■ Work task ■
Show every line in the entries below where the word "Wanted" appears.

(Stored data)
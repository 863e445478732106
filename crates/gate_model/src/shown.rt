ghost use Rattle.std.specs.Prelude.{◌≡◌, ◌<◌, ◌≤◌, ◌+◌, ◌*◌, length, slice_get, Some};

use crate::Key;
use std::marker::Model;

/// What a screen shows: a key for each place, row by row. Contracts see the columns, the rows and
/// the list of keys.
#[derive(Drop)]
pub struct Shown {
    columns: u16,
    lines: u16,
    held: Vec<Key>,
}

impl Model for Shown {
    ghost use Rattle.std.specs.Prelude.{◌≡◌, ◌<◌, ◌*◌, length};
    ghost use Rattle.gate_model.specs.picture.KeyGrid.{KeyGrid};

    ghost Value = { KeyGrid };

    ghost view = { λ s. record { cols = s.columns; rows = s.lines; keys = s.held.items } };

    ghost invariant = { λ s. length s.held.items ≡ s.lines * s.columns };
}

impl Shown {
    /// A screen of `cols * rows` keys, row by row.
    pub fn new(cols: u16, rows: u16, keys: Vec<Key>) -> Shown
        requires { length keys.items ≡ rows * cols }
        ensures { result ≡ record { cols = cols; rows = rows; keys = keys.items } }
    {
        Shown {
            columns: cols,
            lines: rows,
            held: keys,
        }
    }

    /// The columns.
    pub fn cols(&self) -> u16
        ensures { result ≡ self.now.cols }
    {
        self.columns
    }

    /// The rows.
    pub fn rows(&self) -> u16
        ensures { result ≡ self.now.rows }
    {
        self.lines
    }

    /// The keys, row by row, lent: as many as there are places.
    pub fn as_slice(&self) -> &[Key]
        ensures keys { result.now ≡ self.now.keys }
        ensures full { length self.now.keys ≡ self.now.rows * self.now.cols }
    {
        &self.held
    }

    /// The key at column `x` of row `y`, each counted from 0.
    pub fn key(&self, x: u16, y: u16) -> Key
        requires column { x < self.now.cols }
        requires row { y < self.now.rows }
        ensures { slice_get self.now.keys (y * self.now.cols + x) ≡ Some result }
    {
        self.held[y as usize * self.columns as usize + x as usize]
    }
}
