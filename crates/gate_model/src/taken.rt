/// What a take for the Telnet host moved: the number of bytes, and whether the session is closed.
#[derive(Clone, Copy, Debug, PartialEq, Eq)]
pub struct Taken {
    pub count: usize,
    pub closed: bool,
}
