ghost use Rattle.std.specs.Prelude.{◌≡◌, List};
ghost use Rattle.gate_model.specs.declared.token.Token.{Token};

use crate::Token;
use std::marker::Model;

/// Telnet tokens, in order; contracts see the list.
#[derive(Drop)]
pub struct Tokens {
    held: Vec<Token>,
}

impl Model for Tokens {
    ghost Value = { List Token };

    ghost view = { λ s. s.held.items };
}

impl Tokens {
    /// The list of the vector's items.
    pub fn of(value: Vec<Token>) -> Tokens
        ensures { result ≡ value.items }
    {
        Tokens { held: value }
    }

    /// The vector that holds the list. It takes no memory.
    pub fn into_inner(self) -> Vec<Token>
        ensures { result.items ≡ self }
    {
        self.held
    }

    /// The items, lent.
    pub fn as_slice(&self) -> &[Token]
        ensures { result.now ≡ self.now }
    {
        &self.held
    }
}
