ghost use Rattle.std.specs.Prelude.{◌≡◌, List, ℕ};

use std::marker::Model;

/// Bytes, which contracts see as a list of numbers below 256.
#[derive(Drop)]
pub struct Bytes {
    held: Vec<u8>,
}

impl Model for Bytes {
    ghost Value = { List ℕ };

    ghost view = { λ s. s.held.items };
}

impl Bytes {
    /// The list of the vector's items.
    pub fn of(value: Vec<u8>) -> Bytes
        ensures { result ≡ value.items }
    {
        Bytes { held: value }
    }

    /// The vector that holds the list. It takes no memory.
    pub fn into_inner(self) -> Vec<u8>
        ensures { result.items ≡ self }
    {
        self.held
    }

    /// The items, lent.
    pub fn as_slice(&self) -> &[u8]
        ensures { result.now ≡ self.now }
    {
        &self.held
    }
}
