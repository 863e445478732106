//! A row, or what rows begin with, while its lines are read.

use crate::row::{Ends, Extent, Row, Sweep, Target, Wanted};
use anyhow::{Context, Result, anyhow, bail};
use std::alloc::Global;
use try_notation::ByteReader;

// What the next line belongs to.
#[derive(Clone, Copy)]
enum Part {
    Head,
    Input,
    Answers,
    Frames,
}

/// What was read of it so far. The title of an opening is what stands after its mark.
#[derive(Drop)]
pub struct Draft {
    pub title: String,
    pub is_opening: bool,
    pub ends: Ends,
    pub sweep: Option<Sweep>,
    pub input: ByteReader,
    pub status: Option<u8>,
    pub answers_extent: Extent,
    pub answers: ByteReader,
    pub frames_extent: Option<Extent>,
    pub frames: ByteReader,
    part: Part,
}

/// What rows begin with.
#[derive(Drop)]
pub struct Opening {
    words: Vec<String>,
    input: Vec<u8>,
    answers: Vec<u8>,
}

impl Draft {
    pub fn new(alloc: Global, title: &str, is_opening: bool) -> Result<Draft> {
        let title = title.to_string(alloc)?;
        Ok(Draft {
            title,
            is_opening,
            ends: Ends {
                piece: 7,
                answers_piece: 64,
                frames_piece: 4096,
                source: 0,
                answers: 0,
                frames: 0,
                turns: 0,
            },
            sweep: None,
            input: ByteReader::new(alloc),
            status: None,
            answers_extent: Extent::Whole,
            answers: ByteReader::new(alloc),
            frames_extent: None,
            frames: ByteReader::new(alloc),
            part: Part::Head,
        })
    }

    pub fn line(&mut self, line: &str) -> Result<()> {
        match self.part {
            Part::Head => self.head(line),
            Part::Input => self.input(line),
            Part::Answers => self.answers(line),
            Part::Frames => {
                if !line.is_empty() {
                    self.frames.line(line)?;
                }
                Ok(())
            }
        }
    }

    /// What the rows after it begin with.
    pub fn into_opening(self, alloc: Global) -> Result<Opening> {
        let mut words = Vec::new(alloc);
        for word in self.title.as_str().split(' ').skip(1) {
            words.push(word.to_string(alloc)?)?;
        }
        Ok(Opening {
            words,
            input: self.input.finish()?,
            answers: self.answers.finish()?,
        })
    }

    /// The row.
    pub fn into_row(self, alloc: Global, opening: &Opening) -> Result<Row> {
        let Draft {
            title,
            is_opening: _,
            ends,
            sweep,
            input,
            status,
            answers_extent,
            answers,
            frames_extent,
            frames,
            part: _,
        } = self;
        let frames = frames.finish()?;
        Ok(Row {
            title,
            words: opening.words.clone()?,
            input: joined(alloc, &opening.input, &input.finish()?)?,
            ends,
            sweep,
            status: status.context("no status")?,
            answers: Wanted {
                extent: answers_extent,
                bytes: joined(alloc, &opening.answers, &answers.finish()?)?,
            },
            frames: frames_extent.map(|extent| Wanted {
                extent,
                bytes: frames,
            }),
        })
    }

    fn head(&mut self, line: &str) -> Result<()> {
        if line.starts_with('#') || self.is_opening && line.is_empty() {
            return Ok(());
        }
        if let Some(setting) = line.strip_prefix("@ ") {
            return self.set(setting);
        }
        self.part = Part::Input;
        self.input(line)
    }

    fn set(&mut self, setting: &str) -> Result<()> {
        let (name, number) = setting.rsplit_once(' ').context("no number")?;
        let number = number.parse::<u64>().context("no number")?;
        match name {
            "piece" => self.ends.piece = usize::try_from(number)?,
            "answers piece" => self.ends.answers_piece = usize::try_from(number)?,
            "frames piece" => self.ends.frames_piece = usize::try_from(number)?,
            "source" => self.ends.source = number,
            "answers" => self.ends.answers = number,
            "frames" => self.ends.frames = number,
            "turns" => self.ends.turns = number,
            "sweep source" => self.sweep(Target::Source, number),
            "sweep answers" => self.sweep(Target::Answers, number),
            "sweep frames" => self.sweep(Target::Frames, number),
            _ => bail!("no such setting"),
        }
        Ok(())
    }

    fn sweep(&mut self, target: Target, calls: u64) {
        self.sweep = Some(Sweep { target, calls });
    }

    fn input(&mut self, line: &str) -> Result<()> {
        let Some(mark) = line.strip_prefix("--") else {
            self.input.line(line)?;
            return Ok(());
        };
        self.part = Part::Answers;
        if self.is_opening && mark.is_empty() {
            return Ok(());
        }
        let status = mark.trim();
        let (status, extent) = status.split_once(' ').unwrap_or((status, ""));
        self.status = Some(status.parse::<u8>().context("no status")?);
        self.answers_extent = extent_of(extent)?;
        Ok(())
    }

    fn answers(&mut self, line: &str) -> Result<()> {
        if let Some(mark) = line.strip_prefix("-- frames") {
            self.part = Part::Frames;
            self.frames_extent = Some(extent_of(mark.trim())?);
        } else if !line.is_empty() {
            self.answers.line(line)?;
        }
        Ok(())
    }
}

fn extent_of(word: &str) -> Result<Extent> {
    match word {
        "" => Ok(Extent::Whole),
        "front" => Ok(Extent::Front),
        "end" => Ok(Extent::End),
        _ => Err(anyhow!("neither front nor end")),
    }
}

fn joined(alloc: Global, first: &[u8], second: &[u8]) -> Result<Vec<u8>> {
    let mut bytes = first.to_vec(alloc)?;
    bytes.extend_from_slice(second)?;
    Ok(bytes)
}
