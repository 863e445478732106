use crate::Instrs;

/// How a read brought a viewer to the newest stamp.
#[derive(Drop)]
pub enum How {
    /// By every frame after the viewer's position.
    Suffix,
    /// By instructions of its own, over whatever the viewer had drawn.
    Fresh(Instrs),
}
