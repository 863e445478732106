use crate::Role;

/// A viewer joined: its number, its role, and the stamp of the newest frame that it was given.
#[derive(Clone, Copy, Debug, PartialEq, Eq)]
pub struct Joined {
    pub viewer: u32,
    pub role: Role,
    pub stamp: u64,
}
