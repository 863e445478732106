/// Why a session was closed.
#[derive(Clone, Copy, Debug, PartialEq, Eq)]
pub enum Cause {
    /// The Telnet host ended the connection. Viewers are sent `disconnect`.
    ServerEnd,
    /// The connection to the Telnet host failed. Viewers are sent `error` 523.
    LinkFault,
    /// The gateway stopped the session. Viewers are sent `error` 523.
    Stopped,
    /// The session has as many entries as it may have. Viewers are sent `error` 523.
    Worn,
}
==
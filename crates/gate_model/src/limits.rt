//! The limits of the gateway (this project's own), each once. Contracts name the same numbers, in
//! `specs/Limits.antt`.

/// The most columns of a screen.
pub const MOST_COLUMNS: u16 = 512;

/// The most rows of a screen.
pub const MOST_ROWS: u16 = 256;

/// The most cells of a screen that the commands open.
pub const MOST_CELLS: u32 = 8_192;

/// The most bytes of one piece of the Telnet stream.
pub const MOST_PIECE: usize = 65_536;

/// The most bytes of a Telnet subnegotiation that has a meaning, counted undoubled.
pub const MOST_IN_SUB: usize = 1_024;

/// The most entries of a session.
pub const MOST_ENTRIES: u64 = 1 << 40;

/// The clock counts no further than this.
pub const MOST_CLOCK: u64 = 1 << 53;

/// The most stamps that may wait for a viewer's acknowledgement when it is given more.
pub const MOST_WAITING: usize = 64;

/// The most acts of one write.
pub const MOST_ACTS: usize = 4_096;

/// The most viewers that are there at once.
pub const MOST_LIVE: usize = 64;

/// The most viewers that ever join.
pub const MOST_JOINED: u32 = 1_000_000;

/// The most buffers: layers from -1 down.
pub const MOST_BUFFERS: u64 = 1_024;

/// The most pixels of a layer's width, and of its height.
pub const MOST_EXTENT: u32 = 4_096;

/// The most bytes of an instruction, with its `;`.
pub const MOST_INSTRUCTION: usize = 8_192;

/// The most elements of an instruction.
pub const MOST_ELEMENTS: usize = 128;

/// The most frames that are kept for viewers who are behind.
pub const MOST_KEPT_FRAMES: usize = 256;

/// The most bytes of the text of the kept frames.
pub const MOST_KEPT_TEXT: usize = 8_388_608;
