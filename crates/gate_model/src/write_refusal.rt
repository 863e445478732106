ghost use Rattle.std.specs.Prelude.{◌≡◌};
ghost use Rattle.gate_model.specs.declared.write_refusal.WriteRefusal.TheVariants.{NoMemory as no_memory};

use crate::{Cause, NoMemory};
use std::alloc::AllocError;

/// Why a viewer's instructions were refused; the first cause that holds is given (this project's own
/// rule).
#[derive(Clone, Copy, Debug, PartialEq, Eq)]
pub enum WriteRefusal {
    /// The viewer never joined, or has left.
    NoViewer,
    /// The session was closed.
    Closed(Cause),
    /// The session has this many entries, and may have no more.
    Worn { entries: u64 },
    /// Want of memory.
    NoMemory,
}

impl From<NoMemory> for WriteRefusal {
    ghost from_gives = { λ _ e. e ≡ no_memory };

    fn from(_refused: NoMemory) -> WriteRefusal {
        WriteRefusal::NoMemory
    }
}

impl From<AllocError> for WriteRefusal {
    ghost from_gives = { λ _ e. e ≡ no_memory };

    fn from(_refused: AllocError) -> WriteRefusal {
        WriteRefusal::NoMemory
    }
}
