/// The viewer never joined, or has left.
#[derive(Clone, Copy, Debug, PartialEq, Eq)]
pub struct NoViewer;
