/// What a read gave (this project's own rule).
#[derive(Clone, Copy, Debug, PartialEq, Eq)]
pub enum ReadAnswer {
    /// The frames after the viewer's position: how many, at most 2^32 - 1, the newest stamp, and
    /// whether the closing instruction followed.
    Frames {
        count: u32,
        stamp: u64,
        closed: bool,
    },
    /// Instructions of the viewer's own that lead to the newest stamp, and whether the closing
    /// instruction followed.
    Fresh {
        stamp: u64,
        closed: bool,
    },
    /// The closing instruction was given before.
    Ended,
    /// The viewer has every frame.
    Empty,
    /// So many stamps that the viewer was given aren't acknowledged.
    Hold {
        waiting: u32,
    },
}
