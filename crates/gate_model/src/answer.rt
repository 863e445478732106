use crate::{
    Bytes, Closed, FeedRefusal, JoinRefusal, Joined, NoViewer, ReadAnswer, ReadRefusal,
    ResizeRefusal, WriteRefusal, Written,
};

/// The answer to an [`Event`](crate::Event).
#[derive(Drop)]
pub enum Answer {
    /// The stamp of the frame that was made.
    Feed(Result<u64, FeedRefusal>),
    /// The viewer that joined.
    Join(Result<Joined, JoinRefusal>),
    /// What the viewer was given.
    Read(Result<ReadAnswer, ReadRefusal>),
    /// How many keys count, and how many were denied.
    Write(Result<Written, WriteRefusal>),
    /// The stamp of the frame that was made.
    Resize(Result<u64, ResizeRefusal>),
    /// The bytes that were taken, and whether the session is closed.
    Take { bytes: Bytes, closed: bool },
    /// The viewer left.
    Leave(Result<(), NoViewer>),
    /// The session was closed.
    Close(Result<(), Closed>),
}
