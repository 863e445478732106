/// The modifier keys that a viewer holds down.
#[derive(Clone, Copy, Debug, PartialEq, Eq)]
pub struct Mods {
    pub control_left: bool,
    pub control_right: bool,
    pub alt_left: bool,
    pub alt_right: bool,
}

■ Solution for this task ■
use crate::row::{Ends, Extent, Row, Sweep, Target, Wanted};
            answers: Wanted {
            frames: frames_extent.map(|extent| Wanted {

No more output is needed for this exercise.